On Sun, Feb 11, 2018 at 5:36 PM, Mahdi Ben Hamida 
wrote:

> Totally understood that it's not worth (or it's rather incorrect) to mix
> serial and non serial operations for LWT tables. It would be highly
> satisfying to my engineer mind if someone can explain why that would cause
> issues in this particular situation. The only explanation I have is that a
> non serial read may cause a read repair to happen and that could interfere
> with a concurrent serial write, although I still can't explain how that
> would cause two different "insert if not exist" transactions to both
> succeed.
>
> --
> Mahdi.
>
> On 2/9/18 2:40 PM, Jonathan Haddad wrote:
>
> If you want consistent reads you have to use the CL that enforces it.
> There’s no way around it.
> On Fri, Feb 9, 2018 at 2:35 PM Mahdi Ben Hamida 
> wrote:
>
>> In this case, we only write using CAS (code guarantees that).

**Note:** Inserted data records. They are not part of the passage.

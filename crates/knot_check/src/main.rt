// The check program (01, "The check program"): standard input to standard output. All of it stands in `printing`; here it is run on 01's
// example.
#![tactic(auto)]

fn main(rt: HostRuntime) {
    printing::check_standard_input(&rt);
}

We also
>> never update, just insert if not exist. Once a hash exists, it never
>> changes (it may get deleted later and that'll be a CAS delete as well).
>>
>> --
>> Mahdi.
>>
>> On 2/9/18 1:38 PM, Jeff Jirsa wrote:
>>
>>
>>
>> On Fri, Feb 9, 2018 at 1:33 PM, Mahdi Ben Hamida 
>> wrote:
>>
>>>  Under what circumstances would we be reading inconsistent results ? Is
>>> there a case where we end up reading a value that actually end up not being
>>> written ?
>>>
>>>
>>>
>>
>> If you ever write the same value with CAS and without CAS (different code
>> paths both updating the same value), you're using CAS wrong, and
>> inconsistencies can happen.
>>
>>
>>
>>
>


Re: LWT broken?

2018-02-11 Thread Mahdi Ben Hamida
Totally understood that it's not worth (or it's rather incorrect) to mix 
serial and non serial operations for LWT tables. It would be highly 
satisfying to my engineer mind if someone can explain why that would 
cause issues in this particular situation. The only explanation I have 
is that a non serial read may cause a read repair to happen and that 
could interfere with a concurrent serial write, although I still can't 
explain how that would cause two different "insert if not exist" 
transactions to both succeed.


--
Mahdi.

On 2/9/18 2:40 PM, Jonathan Haddad wrote:
If you want consistent reads you have to use the CL that enforces it. 
There’s no way around it.
On Fri, Feb 9, 2018 at 2:35 PM Mahdi Ben Hamida > wrote:


In this case, we only write using CAS (code guarantees that). We
also never update, just insert if not exist. Once a hash exists,
it never changes (it may get deleted later and that'll be a CAS
delete as well).

-- 
Mahdi.


On 2/9/18 1:38 PM, Jeff Jirsa wrote:



On Fri, Feb 9, 2018 at 1:33 PM, Mahdi Ben Hamida
> wrote:

 Under what circumstances would we be reading inconsistent
results ? Is there a case where we end up reading a value
that actually end up not being written ?




If you ever write the same value with CAS and without CAS
(different code paths both updating the same value), you're using
CAS wrong, and inconsistencies can happen.